──────── DATA EXTRACT
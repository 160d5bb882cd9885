//! Reads kept replies and release marks.
ghost use Rattle.std.specs.Prelude.{false, length, option_map, ◌≡◌};
ghost use Rattle.sqlite.specs.Held.{state};
ghost use Rattle.job_facts.specs.Contents.{entry_of, mark_of, reply_of_entry};
ghost use Rattle.store_reads.specs.ReadsContents.{FindsContents};

use crate::numbers::is_in_range;
use job_facts::KeptReply;
use sqlite::{Alter, Connection, Error};
use store_data::Name;

/// Returns the reply that is kept under the number `number` of `client`.
pub fn kept<S: Alter>(
    conn: &mut Connection<S>,
    client: &Name,
    number: u64,
) -> Result<Option<KeptReply>, Error>
    requires { conn.old.in_transaction ≡ false }
    ensures { FindsContents (state S.Store conn.old) (state S.Store conn.new) result
        (λ c answer. answer ≡ option_map reply_of_entry (entry_of c.kept client.now number)) }
{
    if !is_in_range(number) {
        return Err(Error::InvalidQuery);
    }
    row_laws::replies_by_number();
    row_reads::kept(conn, client, number)
}

/// Returns the release mark of `client`, or 0 if it has released nothing.
pub fn mark<S: Alter>(conn: &mut Connection<S>, client: &Name) -> Result<u64, Error>
    requires { conn.old.in_transaction ≡ false }
    ensures { FindsContents (state S.Store conn.old) (state S.Store conn.new) result
        (λ c answer. answer ≡ mark_of c.marks client.now) }
{
    row_laws::replies_by_number();
    row_reads::mark(conn, client)
}

/// Returns the number of kept replies.
pub fn reply_count<S: Alter>(conn: &mut Connection<S>) -> Result<u64, Error>
    requires { conn.old.in_transaction ≡ false }
    ensures { FindsContents (state S.Store conn.old) (state S.Store conn.new) result
        (λ c answer. answer ≡ length c.kept) }
{
    row_reads::reply_count(conn)
}
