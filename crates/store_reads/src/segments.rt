//! Reads one segment of a record.
ghost use Rattle.std.specs.Prelude.{IfOk, IfSome, IsTrue, false, map, None, ◌<◌, ◌^◌, ◌≡◌, ◌≤◌};
ghost use Rattle.sqlite.specs.Held.{state};
ghost use Rattle.sqlite.specs.State.{HasCleanDisk};
ghost use Rattle.job_facts.specs.declared.rows.SegmentRow.{SegmentRow as SegmentRowValue};
ghost use Rattle.job_facts.specs.Rows.{segment_row_of};
ghost use Rattle.row_reads.specs.CardDecoding.{IsRecordAt};
ghost use Rattle.row_reads.specs.Reads.{Looks, ReadsRows};
ghost use Rattle.store_reads.specs.Fixed.{AreNamedApart, fixed};
ghost use Rattle.store_reads.specs.Known.{AreHeadsAt, HasNoSegment, IsAllKnownIn, IsKnownIn};
ghost use Rattle.store_reads.specs.Known.{IsNamed, Knows, ReadsKnown, known_heads};
ghost use Rattle.store_reads.specs.Segments.{IsBatchProduct, product_in};
ghost use Rattle.store_reads.specs.ReadsContents.{ReadsContents};

use crate::known::{Known, KnownRecord};
use crate::plans::{SegmentHead, head_at, heads_of, joined};
use crate::records::note_standing;
use job_facts::SegmentRow;
use row_reads::{RecordAt, batch_by_name, coded_of, groupings_of, record_named};
use sqlite::{Alter, Connection, Error};
use store_data::{Name, Product};

/// The id of a batch, and its product.
#[derive(Clone, Copy)]
pub(crate) struct BatchProduct {
    /// The id of the batch.
    pub(crate) id: u64,
    /// The product of the batch.
    pub(crate) product: Product,
}

// ---- a record

// Returns the id and the product of the batch `batch`.
fn product_in<S: Alter>(
    conn: &mut Connection<S>,
    batch: &Name,
) -> Result<Option<BatchProduct>, Error>
    requires { conn.old.in_transaction ≡ false }
    ensures value { ReadsRows (state S.Store conn.old) (state S.Store conn.new) result
        (λ t answer. AreNamedApart (fixed t)
        → answer ≡ product_in t.products t.batches batch.now) }
    ensures ranged { IfOk result (λ answer. IfSome answer IsBatchProduct) }
    ensures looks { Looks (state S.Store conn.old) (state S.Store conn.new) }
{
    let Some(stored) = batch_by_name(conn, batch)? else {
        return Ok(None);
    };
    let found = row_reads::product(conn, &stored.product)?;
    Ok(found.map(|product| BatchProduct {
        id: stored.id,
        product,
    }))
}

// Returns the segments of the record at position `place` of the batch with the id `id`, without
// their bytes.
fn heads_at<S: Alter>(
    conn: &mut Connection<S>,
    id: u64,
    place: u64,
) -> Result<Vec<Vec<SegmentHead>>, Error>
    requires idle { conn.old.in_transaction ≡ false }
    requires id { id < 2 ^ 63 }
    requires place { place < 2 ^ 63 }
    ensures value { ReadsRows (state S.Store conn.old) (state S.Store conn.new) result
        (λ t heads. AreHeadsAt (fixed t) id place (map (λ own. own.items) heads.items)) }
    ensures looks { Looks (state S.Store conn.old) (state S.Store conn.new) }
{
    let groupings = groupings_of(conn, id, place)?;
    let heads = heads_of(*groupings.allocator(), groupings.as_slice())?;
    Ok(heads)
}

// Reads the record `rec` of the batch `batch`. Returns `None` if it doesn't exist.
fn record_read<S: Alter>(
    conn: &mut Connection<S>,
    batch: &Name,
    rec: &Name,
) -> Result<Option<KnownRecord>, Error>
    requires { conn.old.in_transaction ≡ false }
    ensures known { ReadsRows (state S.Store conn.old) (state S.Store conn.new) result
        (λ t found. AreNamedApart (fixed t) → IfSome found (IsKnownIn (fixed t))) }
    ensures named { IfOk result (λ found. IfSome found (IsNamed batch.now rec.now)) }
    ensures none { ReadsContents (state S.Store conn.old) (state S.Store conn.new) result
        (λ c found. found ≡ None → HasNoSegment c.facts batch.now rec.now) }
    ensures looks { Looks (state S.Store conn.old) (state S.Store conn.new) }
{
    row_laws::batches_by_name();
    row_laws::records_by_name();
    row_laws::plans_by_rows();
    let Some(found) = product_in(conn, batch)? else {
        return Ok(None);
    };
    let Some(card) = record_named(conn, found.id, rec)? else {
        return Ok(None);
    };
    let heads = heads_at(conn, found.id, card.place)?;
    Ok(Some(KnownRecord {
        batch: *batch,
        rec: *rec,
        id: found.id,
        product: found.product,
        place: card.place,
        heads,
    }))
}

// Returns the record with the state `card` and the segments `heads`, in the batch of the record
// `other`.
fn beside(other: &KnownRecord, card: &RecordAt, heads: Vec<Vec<SegmentHead>>) -> KnownRecord
    requires { IsRecordAt card.now }
    ensures batch { result.batch ≡ other.now.batch }
    ensures rec { result.rec ≡ card.now.name }
    ensures id { result.id ≡ other.now.id }
    ensures product { result.product ≡ other.now.product }
    ensures place { result.place ≡ card.now.place }
    ensures heads { known_heads result ≡ map (λ own. own.items) heads.items }
{
    KnownRecord {
        batch: other.batch,
        rec: card.name,
        id: other.id,
        product: other.product,
        place: card.place,
        heads,
    }
}

// Returns the record `rec` of the batch `batch`, or `None` if it doesn't exist. If another record
// of the batch and the state of this record are cached, only its groupings are read.
fn record_found<S: Alter>(
    conn: &mut Connection<S>,
    known: &Known,
    batch: &Name,
    rec: &Name,
) -> Result<Option<KnownRecord>, Error>
    requires { conn.old.in_transaction ≡ false }
    ensures known { ReadsRows (state S.Store conn.old) (state S.Store conn.new) result
        (λ t found. AreNamedApart (fixed t) → IsAllKnownIn t known.now
        → IfSome found (IsKnownIn (fixed t))) }
    ensures named { IfOk result (λ found. IfSome found (IsNamed batch.now rec.now)) }
    ensures none { ReadsContents (state S.Store conn.old) (state S.Store conn.new) result
        (λ c found. found ≡ None → HasNoSegment c.facts batch.now rec.now) }
    ensures looks { Looks (state S.Store conn.old) (state S.Store conn.new) }
{
    let Some(other) = known.of_batch(batch) else {
        return record_read(conn, batch, rec);
    };
    let Some(card) = known.stands(other.id, rec) else {
        return record_read(conn, batch, rec);
    };
    let heads = heads_at(conn, other.id, card.place)?;
    Ok(Some(beside(other, card, heads)))
}

// ---- a segment

// Returns segment `segment` of application `app` of the record `card`, or `None` if the record
// doesn't have it. The bytes of other segments aren't read.
fn segment_of<S: Alter>(
    conn: &mut Connection<S>,
    card: &KnownRecord,
    app: u16,
    segment: u16,
) -> Result<Option<SegmentRow>, Error>
    requires { conn.old.in_transaction ≡ false }
    ensures value { ReadsKnown card.now (state S.Store conn.old) (state S.Store conn.new) result
        (λ c answer. answer ≡ segment_row_of c.facts card.now.batch card.now.rec app segment) }
    ensures open { HasCleanDisk (state S.Store conn.new) → IfOk result (λ answer.
        IfSome answer (λ (row : SegmentRowValue). IsTrue (state S.Store conn.old).is_open)) }
    ensures ranged { IfOk result
        (λ answer. IfSome answer (λ (row : SegmentRowValue). row.low ≤ 31)) }
    ensures looks { Looks (state S.Store conn.old) (state S.Store conn.new) }
{
    row_laws::batches_by_name();
    row_laws::records_by_name();
    row_laws::plans_by_rows();
    row_laws::groupings_by_place();
    let Some(placed) = head_at(card.heads.as_slice(), app, segment) else {
        return Ok(None);
    };
    let head = placed.head;
    let coded = coded_of(conn, card.id, card.place, &head.aid, head.rank)?;
    let bytes = joined(*coded.allocator(), coded.as_slice())?;
    Ok(Some(SegmentRow {
        aid: head.aid,
        bytes,
        enc: head.enc,
        tol: head.tol,
        last: placed.last,
        max: card.product.max,
        low: card.product.low,
    }))
}

/// Returns segment `segment` of application `app` of the record `rec`, or `None` if the record
/// doesn't have it. Both numbers start at 0.
///
/// The record is read only if it isn't cached, and is cached afterwards. If a cached record doesn't
/// have the segment, its state is read and cached. Only a read shows that the connection is open,
/// and the change after the last command needs this state.
pub fn segment<S: Alter>(
    conn: &mut Connection<S>,
    known: &mut Known,
    batch: &Name,
    rec: &Name,
    app: u16,
    segment: u16,
) -> Result<Option<SegmentRow>, Error>
    requires idle { conn.old.in_transaction ≡ false }
    requires knows { Knows (state S.Store conn.old) known.old }
    ensures value { ReadsContents (state S.Store conn.old) (state S.Store conn.new) result
        (λ c answer. answer ≡ segment_row_of c.facts batch.now rec.now app segment) }
    ensures ranged { IfOk result
        (λ answer. IfSome answer (λ (row : SegmentRowValue). row.low ≤ 31)) }
    ensures knows { Knows (state S.Store conn.new) known.new }
    ensures looks { Looks (state S.Store conn.old) (state S.Store conn.new) }
{
    row_laws::batches_by_name();
    row_laws::records_by_name();
    if let Some(card) = known.named(batch, rec) {
        let id = card.id;
        if let Some(row) = segment_of(conn, card, app, segment)? {
            return Ok(Some(row));
        }
        note_standing(conn, known, id, rec)?;
        return Ok(None);
    }
    let Some(card) = record_found(conn, known, batch, rec)? else {
        return Ok(None);
    };
    let row = segment_of(conn, &card, app, segment)?;
    known.keep(card);
    Ok(row)
}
────────────────
**WORK TO BE COMPLETED:** What lines in the entries above hold "placed"? Copy every one.

**REPLY:**
    let Some(placed) = head_at(card.heads.as_slice(), app, segment) else {
    let head = placed.head;
        last: placed.last,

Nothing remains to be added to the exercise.